Goal of the exercise: Print the lines of the data, starting with the first, up to and including the line where "pub fn run(&mut" appears.

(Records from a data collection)
__________________________________________________

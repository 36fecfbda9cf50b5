//! Labels as sets of source bytes: what was anywhere at the start of a run came from none.

ghost use Rattle.std.specs.Prelude.{◌≡◌, ◌<◌, ◌↔◌, [], length, IsTrue, IfOk, OnOk};
ghost use Rattle.source_runs.specs.Runs.{bytes_of};
ghost use Rattle.taint_shadow.specs.Labels.{Makes};
ghost use Rattle.source_labels.specs.Words.{label_words, log_of, nodes_of};

use crate::nodes::Nodes;
use flow_model::SourceByte;
use merge_log::TermsReader;
use no_memory::NoMemory;
use source_runs::SourceRun;
use std::alloc::Global;
use std::collections::LinkedList;
use taint_shadow::{Label, LabelKind, Labels};

/// Makes labels of source bytes, and unites them. A run of bytes is a label by itself; other sets are nodes of a log.
#[derive(Drop)]
pub struct SourceLabels {
    nodes: Nodes,
}

impl SourceLabels {
    /// No node but the empty one. It takes no memory.
    pub fn new(alloc: Global) -> Self
        ensures { log_of (nodes_of result) ≡ [] }
    {
        SourceLabels {
            nodes: Nodes::new(alloc),
        }
    }

    /// Makes room for so many nodes more, where there is memory for them.
    pub fn reserve(&mut self, more: usize)
        ensures { self.new ≡ self.old }
    {
        self.nodes.reserve(more);
    }

    /// The same labels, each with its terms: it stands for the source bytes among them.
    pub fn nodes(&self) -> &Nodes
        ensures { result.now ≡ nodes_of self.now }
    {
        &self.nodes
    }

    /// Whether the label stands for a source byte.
    #[inline(always)]
    pub fn has_source(&self, label: Label) -> bool
        requires { label_words.stands self.now label }
        ensures { IsTrue result ↔ (0 < length (label_words.means self.now label)) }
    {
        match label.kind() {
            LabelKind::Node(node) => node > 0,
            LabelKind::Start(_) => false,
            LabelKind::Run(_) => true,
        }
    }

    /// The label of the source bytes of a run: that of nothing where its last offset is below the first. A run whose channel
    /// or last offset is too large for a label's number has a node.
    pub fn run(&mut self, run: SourceRun) -> Result<Label, NoMemory>
        ensures { IfOk result (Makes label_words self.old (bytes_of run) self.new) }
    {
        if run.last < run.first {
            return Ok(Label::nothing());
        }
        match Label::run(run) {
            Some(label) => Ok(label),
            None => self.nodes.run_node(run),
        }
    }

    /// Reads the source bytes of a label. When out of memory, the reader may have read part of them, and can go on with any
    /// label.
    pub fn read(&self, label: Label, reader: &mut TermsReader) -> Result<(), NoMemory>
        requires { label_words.stands self.now label }
        ensures { OnOk result (reader.new.sources ≡ label_words.means self.now label) }
    {
        self.nodes.read(label, reader)
    }
}

impl Labels for SourceLabels {
    ghost use Rattle.source_labels.specs.Words.{label_words};
    ghost use Rattle.source_labels.specs.Laws.{label_laws};

    type Meaning = LinkedList<SourceByte>;

    ghost words = { label_words };

    ghost laws = { label_laws };

    fn source(&mut self, byte: SourceByte) -> Result<Label, NoMemory> {
        self.nodes.source(byte)
    }

    /// No node is made where the labels are equal, one of them has no source byte, or a run has both.
    #[inline(always)]
    fn unite(&mut self, left: Label, right: Label) -> Result<Label, NoMemory> {
        if left == right {
            return Ok(left);
        }
        if !self.has_source(right) {
            return Ok(left);
        }
        if !self.has_source(left) {
            return Ok(right);
        }
        self.nodes.unite_two(left, right)
    }
}
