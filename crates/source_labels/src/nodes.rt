//! Labels as terms: nodes of a log, runs of source bytes, and what locations had at the start.

ghost use Rattle.std.specs.Prelude.{◌≡◌, [], IfOk, IfSome, OnOk};
ghost use Rattle.merge_log.specs.Log.{AreSets, IsNode, KeepsNodes, run_term, terms};
ghost use Rattle.taint_shadow.specs.Labels.{MakesLabel, Makes, mean_together};
ghost use Rattle.source_labels.specs.Words.{log_of, node_words};

use flow_model::SourceByte;
use merge_log::{MergeLog, Node, TermsReader};
use no_memory::NoMemory;
use source_runs::SourceRun;
use std::alloc::Global;
use taint_shadow::{Label, LabelKind, Labels};

/// Makes nodes, and unites them, in a log. What a location had at the start, and a run of source bytes, has no node until it is
/// united with another label that isn't such a run beside it: most of what an epoch touches it only moves.
#[derive(Drop)]
pub struct Nodes {
    log: MergeLog,
}

impl Nodes {
    /// No node but the empty one. It takes no memory.
    pub fn new(alloc: Global) -> Nodes
        ensures { log_of result ≡ [] }
    {
        Nodes {
            log: MergeLog::new(alloc),
        }
    }

    /// Makes room for so many nodes more, where there is memory for them.
    pub(crate) fn reserve(&mut self, more: usize)
        ensures { self.new ≡ self.old }
    {
        self.log.reserve(more);
    }

    /// The log whose nodes are labels.
    pub fn log(&self) -> &MergeLog
        ensures { result.now ≡ log_of self.now }
    {
        &self.log
    }

    /// The label of a node.
    #[inline(always)]
    fn label_of(&self, node: Node) -> Label
        requires { IsNode self.now.log node }
        ensures { MakesLabel node_words self.now (terms self.now.log node) result }
    {
        self.log.form(); // so that nodes fit into 32 bits
        Label::node(node as u32)
    }

    /// The node of a label, which is made unless it is there.
    #[inline(always)]
    fn node_of(&mut self, label: Label) -> Result<Node, NoMemory>
        requires { node_words.stands self.old label }
        ensures stands { IfOk result (λ n. IsNode self.new.log n) }
        ensures means { IfOk result (λ n. terms self.new.log n ≡ node_words.means self.old label) }
        ensures keeps { KeepsNodes self.old.log self.new.log }
    {
        match label.kind() {
            LabelKind::Node(node) => Ok(node as Node),
            LabelKind::Start(loc) => self.log.leaf_symbol(loc),
            LabelKind::Run(run) => self.log.leaf_run(run),
        }
    }

    /// The label of the union of two labels' nodes.
    #[inline(never)]
    fn unite_nodes(&mut self, left: Label, right: Label) -> Result<Label, NoMemory>
        requires left { node_words.stands self.old left }
        requires right { node_words.stands self.old right }
        ensures { IfOk result (Makes node_words self.old (mean_together node_words self.old left right) self.new) }
    {
        let one = self.node_of(left)?;
        let other = self.node_of(right)?;
        let node = self.log.absorbing_union(one, other)?;
        Ok(self.label_of(node))
    }

    /// The label of the node of one source byte.
    fn source_node(&mut self, byte: SourceByte) -> Result<Label, NoMemory>
        ensures { IfOk result (Makes node_words self.old (node_words.source byte) self.new) }
    {
        let node = self.log.leaf_source(byte)?;
        Ok(self.label_of(node))
    }

    /// The label of the node of the source bytes of a run.
    pub(crate) fn run_node(&mut self, run: SourceRun) -> Result<Label, NoMemory>
        ensures { IfOk result (Makes node_words self.old (run_term run) self.new) }
    {
        let node = self.log.leaf_run(run)?;
        Ok(self.label_of(node))
    }

    /// The label of the run of both, where both are runs that overlap or touch.
    #[inline(always)]
    fn run_of_both(&self, left: Label, right: Label) -> Option<Label>
        ensures { IfSome result (MakesLabel node_words self.now (mean_together node_words self.now left right)) }
    {
        match (left.kind(), right.kind()) {
            (LabelKind::Run(one), LabelKind::Run(other)) => Label::run(one.joined(other)?),
            _ => None,
        }
    }

    /// The label of two labels together that differ, neither of them that of nothing.
    #[inline(never)]
    pub(crate) fn unite_two(&mut self, left: Label, right: Label) -> Result<Label, NoMemory>
        requires left { node_words.stands self.old left }
        requires right { node_words.stands self.old right }
        ensures { IfOk result (Makes node_words self.old (mean_together node_words self.old left right) self.new) }
    {
        match self.run_of_both(left, right) {
            Some(label) => Ok(label),
            None => self.unite_nodes(left, right),
        }
    }

    /// Reads the terms of a label. When out of memory, the reader may have read part of them, and can go on with any label.
    pub fn read(&self, label: Label, reader: &mut TermsReader) -> Result<(), NoMemory>
        requires { node_words.stands self.now label }
        ensures read { OnOk result (reader.new ≡ node_words.means self.now label) }
        ensures ascending { OnOk result (AreSets reader.new) }
    {
        match label.kind() {
            LabelKind::Node(node) => reader.read(&self.log, node as Node),
            LabelKind::Start(loc) => reader.read_start(loc),
            LabelKind::Run(run) => reader.read_run(run),
        }
    }
}

impl Labels for Nodes {
    ghost use Rattle.source_labels.specs.Words.{node_words};
    ghost use Rattle.source_labels.specs.Laws.{node_laws};

    /// What a label means is what a reader reads of it.
    type Meaning = TermsReader;

    ghost words = { node_words };

    ghost laws = { node_laws };

    fn source(&mut self, byte: SourceByte) -> Result<Label, NoMemory> {
        match Label::run(SourceRun::of_byte(byte)) {
            Some(label) => Ok(label),
            None => self.source_node(byte),
        }
    }

    /// No node is made where the labels are equal, one of them came from nowhere, or both are runs of source bytes that overlap
    /// or touch.
    #[inline(always)]
    fn unite(&mut self, left: Label, right: Label) -> Result<Label, NoMemory> {
        if left == right {
            return Ok(left);
        }
        if right.is_nothing() {
            return Ok(left);
        }
        if left.is_nothing() {
            return Ok(right);
        }
        self.unite_two(left, right)
    }
}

__________________________________________________

Exercise output:
repository 36fecfbda9cf50b5
//! Labels as sets of source bytes: what was anywhere at the start of a run came from none.

ghost use Rattle.std.specs.Prelude.{◌≡◌, ◌<◌, ◌↔◌, [], length, IsTrue, IfOk, OnOk};
ghost use Rattle.source_runs.specs.Runs.{bytes_of};
ghost use Rattle.taint_shadow.specs.Labels.{Makes};
ghost use Rattle.source_labels.specs.Words.{label_words, log_of, nodes_of};

use crate::nodes::Nodes;
use flow_model::SourceByte;
use merge_log::TermsReader;
use no_memory::NoMemory;
use source_runs::SourceRun;
use std::alloc::Global;
use std::collections::LinkedList;
use taint_shadow::{Label, LabelKind, Labels};

/// Makes labels of source bytes, and unites them. A run of bytes is a label by itself; other sets are nodes of a log.
#[derive(Drop)]
pub struct SourceLabels {
    nodes: Nodes,
}

impl SourceLabels {
    /// No node but the empty one. It takes no memory.
    pub fn new(alloc: Global) -> Self
        ensures { log_of (nodes_of result) ≡ [] }
    {
        SourceLabels {
            nodes: Nodes::new(alloc),
        }
    }

    /// Makes room for so many nodes more, where there is memory for them.
    pub fn reserve(&mut self, more: usize)
        ensures { self.new ≡ self.old }
    {
        self.nodes.reserve(more);
    }

    /// The same labels, each with its terms: it stands for the source bytes among them.
    pub fn nodes(&self) -> &Nodes
        ensures { result.now ≡ nodes_of self.now }
    {
        &self.nodes
    }

    /// Whether the label stands for a source byte.
    #[inline(always)]
    pub fn has_source(&self, label: Label) -> bool
        requires { label_words.stands self.now label }
        ensures { IsTrue result ↔ (0 < length (label_words.means self.now label)) }
    {
        match label.kind() {
            LabelKind::Node(node) => node > 0,
            LabelKind::Start(_) => false,
            LabelKind::Run(_) => true,
        }
    }

    /// The label of the source bytes of a run: that of nothing where its last offset is below the first. A run whose channel
    /// or last offset is too large for a label's number has a node.
    pub fn run(&mut self, run: SourceRun) -> Result<Label, NoMemory>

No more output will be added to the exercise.